The specter of a potential invasion of non-native quagga, or zebra, mussels has the Northwest Power and Conservation Council and staff, as well as the four Northwest states they represent, working on at least two fronts.
The Council has asked its states’ – Idaho, Montana, Oregon and Washington – congressional delegations to deliver $2 million next year to help fund more exhaustive border inspections that might identify boats contaminated with invasive mussels, and cleanse afflicted craft before they are launched in local waters.
The fear is that boats from mussel infested waters in the Midwest and Southwest will transport the damaging mollusks to the Northwest. Infestations of the mussels, which are native to eastern Europe, have proven to menace freshwater infrastructure, such as dams and other water supply devices, as well as the native environment.
The Council’s Phil Rockefeller of Washington said last week that the March request for funding represented a “second line of defense,” as opposed to controlling quaggas at the source – the inspection and decontamination of boats leaving infested locations such as Lake Mead on the Colorado River along the Arizona-Nevada border.
The issue was discussed during a July 10 meeting of the NPCC’s Fish and Wildlife Committee in Boise.
“Council staff has fielded several calls from congressional offices, but they were primarily clarifying questions from staffers. Presently we don’t have a clear sense of whether this request is being considered or not for FY 2013 funding,” according to a June 28 memo prepared for the Council by Jim Ruff, the NPCC’s manager for Columbia River Mainstem Passage and River Operations, Washington NPCC policy analyst Raquel Crosier and Amy Ferriter, Idaho Department of Agriculture invasive species coordinator.
“However, Sen. Murray (WA) has included report language in FY13 Energy and Water Development Appropriations Bill encouraging ‘the Corps of Engineers, in partnership with the BPA, to continue its efforts to develop invasive mussel vulnerability assessments for federally-owned hydropower projects in the Northwest.’ The language also ‘urges the Corps, where appropriate, to assist the States in their efforts to prevent the spread of invasive mussels to Federal projects in the region.’”
A May 22 letter to the U.S. Fish and Wildlife Service’s Southwest Region assistant administrator notes that “In recent years, quagga and zebra mussels have been spreading rapidly throughout the West on transported watercraft.
“The estimated costs to the region, if they became established and reproduced, would be hundreds of millions of dollars a year,” the letter signed by NPCC Chair Joan Dukes says. “The state of Idaho has also projected that these mussels would cost its residents $94 million per year. The impact on native fish and wildlife in the Columbia River Basin, and the region’s investments to recover endangered salmon, would be devastating.
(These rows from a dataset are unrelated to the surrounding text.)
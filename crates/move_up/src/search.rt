//! The best offer under each node, as it was found last, so that a turn looks again only where units came or went.
//!
//! Of a node that was not asked for yet nothing is known, and then nothing is known of those above it either. What is found is
//! asked again before a step, so nothing is said of it here.

ghost use Rattle.std.specs.Prelude.{◌≡◌, IsTrue};
ghost use Rattle.map_model.specs.Market.{IsSameShape};
ghost use Rattle.evict.specs.Standing.{IsOpen};

use crate::asked::Asked;
use crate::looking::{Found, Look, Scored, best_at, is_refused_by, look_at};
use crate::node_set::NodeSet;
use crate::offers::{above, is_offer};
use crate::opening::full_nodes;
use evict::State;
use map_model::{Instance, LEVELS, NodeId, Offer};
use no_memory::NoMemory;
use std::alloc::Global;

/// Where a node stands among the others.
#[derive(Clone, Copy, Debug)]
struct Spot {
    /// Its child of the lowest number.
    first: Option<NodeId>,
    /// The next child of the node above it.
    next: Option<NodeId>,
    /// Which child of the node above it is it.
    number: usize,
    /// How many children it has.
    children: usize,
    /// Where what is known of its children begins: a tree of matches in which the best offer of each two goes on, the winner
    /// at 1 and the children from `children` on.
    from: usize,
}

/// A node without others.
const ALONE: Spot = Spot {
    first: None,
    next: None,
    number: 0,
    children: 0,
    from: 0,
};

/// The most steps from a leaf of a tree of matches to its winner: twice as many places as there are nodes have 14 bits.
const MATCHES: u32 = 14;

/// Where units may move up.
#[derive(Debug, Drop)]
pub struct Search<'a> {
    asked: &'a Asked,
    /// The nodes under which offers are looked for: they were full.
    pub(crate) open: NodeSet,
    known: NodeSet,
    spots: Vec<Spot>,
    /// Of each pool the best offer that it does not refuse.
    found: Vec<Option<Scored>>,
    matches: Vec<Option<Scored>>,
    looks: u64,
}

impl<'a> Search<'a> {
    /// A search under the nodes that are full as a state stands.
    ///
    /// # Errors
    ///
    /// `NoMemory`.
    pub fn under_full(
        alloc: Global,
        instance: &Instance,
        state: &State,
        asked: &'a Asked,
    ) -> Result<Search<'a>, NoMemory>
        requires whole { IsTrue state.now.is_whole }
        requires shape { IsSameShape state.now.market instance.now }
    {
        let nodes = instance.nodes() as usize;
        let mut search = Search {
            asked,
            open: full_nodes(instance, state),
            known: NodeSet::new(),
            spots: vec![in alloc; ALONE; nodes]?,
            found: vec![in alloc; None; nodes]?,
            matches: vec![in alloc; None; nodes.saturating_mul(2)]?,
            looks: 0,
        };
        search.link(instance);
        search.part();
        Ok(search)
    }

    /// How many offers were looked at.
    pub(crate) fn looks(&self) -> u64 {
        self.looks
    }

    /// Lists the children of each node.
    fn link(&mut self, instance: &Instance) {
        for n in (0..instance.nodes()).rev() {
            let node = NodeId(n);
            if let Some(parent) = above(instance, node) {
                let family = self.spot(parent);
                if let Some(spot) = self.spots.get_mut(n as usize) {
                    spot.next = family.first;
                    spot.number = family.children;
                }
                if let Some(spot) = self.spots.get_mut(parent.0 as usize) {
                    spot.first = Some(node);
                    spot.children = family.children.saturating_add(1);
                }
            }
        }
    }

    /// Gives each node its part of the matches.
    fn part(&mut self) {
        let mut from = 0usize;
        for spot in &mut self.spots {
            spot.from = from;
            from = from.saturating_add(spot.children.saturating_mul(2));
        }
    }

    /// Where a node stands.
    fn spot(&self, node: NodeId) -> Spot {
        match self.spots.get(node.0 as usize) {
            Some(spot) => *spot,
            None => ALONE,
        }
    }

    /// What stands at a place of a tree of matches.
    fn match_at(&self, from: usize, place: usize) -> Option<Scored> {
        *self.matches.get(from.saturating_add(place))?
    }

    /// Puts an offer, or none, at a place of a tree of matches.
    fn set_match(&mut self, from: usize, place: usize, winner: Option<Scored>) {
        if let Some(at) = self.matches.get_mut(from.saturating_add(place)) {
            *at = winner;
        }
    }

    /// The best offer under a node that no node refuses, it and those below it.
    fn best_of(&self, instance: &Instance, state: &State, node: NodeId) -> Option<Scored>
        requires { IsOpen instance.now state.now }
    {
        let spot = self.spot(node);
        let best = if spot.children == 0 {
            *self.found.get(node.0 as usize)?
        } else {
            self.match_at(spot.from, 1)
        };
        if is_refused_by(instance, state, node, best?) {
            return None;
        }
        best
    }

    /// Tells the node above a node what the best offer under that one is.
    fn tell(&mut self, instance: &Instance, state: &State, node: NodeId, parent: NodeId)
        requires { IsOpen instance.now state.now }
    {
        let best = self.best_of(instance, state, node);
        let family = self.spot(parent);
        let mut place = family.children.saturating_add(self.spot(node).number);
        self.set_match(family.from, place, best);
        for _match in 0..MATCHES {
            if place < 2 {
                return;
            }
            let left = self.match_at(family.from, place & !1);
            let right = self.match_at(family.from, place | 1);
            let winner = match left {
                Some(found) if found.is_better(right) => left,
                _ => right,
            };
            place /= 2;
            self.set_match(family.from, place, winner);
        }
    }

    /// Looks at the offers to a pool.
    fn look(&mut self, instance: &Instance, state: &State, pool: NodeId)
        requires { IsOpen instance.now state.now }
    {
        let Found { best, looks } = best_at(instance, state, self.asked, pool);
        if let Some(found) = self.found.get_mut(pool.0 as usize) {
            *found = best;
        }
        self.looks = self.looks.saturating_add(looks);
    }

    /// The lowest node on the way that leads from a node to its first child.
    fn lowest(&self, node: NodeId) -> NodeId {
        let mut at = node;
        for _level in 0..LEVELS {
            if let Some(child) = self.spot(at).first {
                at = child;
            }
        }
        at
    }

    /// Looks at all nodes under a node, those below ahead of those above.
    fn learn(&mut self, instance: &Instance, state: &State, under: NodeId)
        requires { IsOpen instance.now state.now }
    {
        let mut at = self.lowest(under);
        for _node in 0..instance.nodes() {
            let spot = self.spot(at);
            if spot.children == 0 {
                self.look(instance, state, at);
            }
            self.known.insert(at);
            if at == under {
                return;
            }
            let Some(parent) = above(instance, at) else {
                return;
            };
            self.tell(instance, state, at, parent);
            at = match spot.next {
                Some(next) => self.lowest(next),
                None => parent,
            };
        }
    }

    /// Looks again at a pool at which units came or went, and tells all nodes above it.
    pub(crate) fn look_again(&mut self, instance: &Instance, state: &State, pool: NodeId)
        requires { IsOpen instance.now state.now }
    {
        if !self.known.contains(pool) {
            return;
        }
        self.look(instance, state, pool);
        let mut at = pool;
        for _level in 0..LEVELS {
            match above(instance, at) {
                Some(parent) if self.known.contains(parent) => {
                    self.tell(instance, state, at, parent);
                    at = parent;
                }
                _ => return,
            }
        }
    }

    /// The best loose offer under a node.
    pub(crate) fn best_under(
        &mut self,
        instance: &Instance,
        state: &State,
        under: NodeId,
    ) -> Option<Offer>
        requires { IsOpen instance.now state.now }
    {
        if !self.known.contains(under) {
            self.learn(instance, state, under);
        }
        // a group's pointer that went back has left offers behind that are loose no longer: each pool shows one at most
        for _vain in 0..=instance.nodes() {
            let offer = self.best_of(instance, state, under)?.offer;
            match look_at(instance, state, offer) {
                Look::Loose => return Some(offer),
                Look::Refused(_) => return None,
                Look::Other => (),
            }
            if !is_offer(instance, offer) {
                return None;
            }
            self.look_again(instance, state, instance.pool_at(offer));
        }
        None
    }
}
“To protect the Pacific Northwest economy and the ecology of the basin, it is absolutely critical that the Department of Interior contain contaminated boats within the lower Colorado River system through a comprehensive inspection and decontamination program and associated water access security and enforcement.”
The letter urged that a $1 million congressional appropriation for fiscal year 2012 be spent exclusively to inspect and, when necessary, decontaminate recreational boats leaving Lake Mead.
“The FY 2012 Interior Appropriation bill included clear and direct language to the U.S. Department of Interior:
‘This bill includes $1,000,000 towards the implementation of mandatory operational inspection and decontamination stations at Federally-managed or interjurisdictional water bodies considered to be of highest risk, as called for in the February 2010 Quagga-Zebra Mussel Action Plan for Western U.S. Waters’”.
Ruff told the Council last week that “less than half” of the appropriation for fiscal year 2012, which ends Oct. 1, is being spent to inspect boats leaving Lake Mead. Much of the appropriated funding is being spent to shield other Southwest reservoirs that have not, to this point, been infested. Some is being spent for research and administration purposes instead of on inspections as the legislative language directed, Ruff said.
“We are concerned that while some of the actions proposed to be undertaken with 2012 funding have merit, they do not provide the mandatory inspection stations at Lake Mead or other federal waters in the lower Colorado River, as is intended in the appropriation language,” the May 22 memo says.
“The Council continues to believe the most effective approach is a two-part plan of action:
1) Inspection and decontamination stations are needed at Lake Mead as a first priority, and then at other southwestern waters, where most of the contaminated watercraft arriving in the Northwest have come from. All other proposed expenditures are of lesser value and priority and, in our view, should not be undertaken at this time.”
A total of 48 contaminated boats have been identified at Idaho border inspection stations this year, including 28 from the Southwest and 17 from the Great Lakes region. A total of 20 have been identified at Washington inspection sites; all of those boats were from Lake Mead.
The Council has said the Northwest region, where no invasive quagga or zebra mussel infestations have been found, needs to step up to the plate. That includes federal agencies charged with protecting fish and wildlife and that own valued hydro, water supply, recreation and irrigation infrastructure.
Agencies such as the Bonneville Power Administration , the U.S. Army Corps of Engineers, the Bureau of Reclamation and NOAA Fisheries “should be thinking of interdiction” as a higher priority than a response (to invasion) mode, Rockefeller said.
“These are federal assets and it’s the states trying to determine how to preserve them,” Rockefeller said. BPA markets power generated in the Federal Columbia River Power System; the Corps and Bureau operate the dams, and NOAA Fisheries is responsible for assuring that salmon and steelhead protected by the Endangered Species Act are not imperiled by the dams.
Idaho state Rep. Eric Anderson of Priest Lake, an active crusader as regards mussel invasion prevention, said all parties involved need to boost their efforts.
“If we do not do more we are going to look back and say we needed to do more,” Anderson told the Council. The potential damage from mussels would be widespread, ranging from agriculture to hydro production to fish and wildlife and the overall natural environment.
“The states feel they’re alone on this issue,” said Ruff.
A workshop, sponsored by the Western Regional Panel of the 100th Meridian Initiative will be held on Aug. 22-23 in Phoenix, Arizona to discuss legal and regulatory authorities with regard to watercraft inspections and invasive mussels. The purpose of the meeting, which is intended for state legislators, AIS coordinators, state law enforcement supervisors, staff from state Attorney General offices and others, is to educate the legal and enforcement community about invasive mussels and their ecological and economic impacts.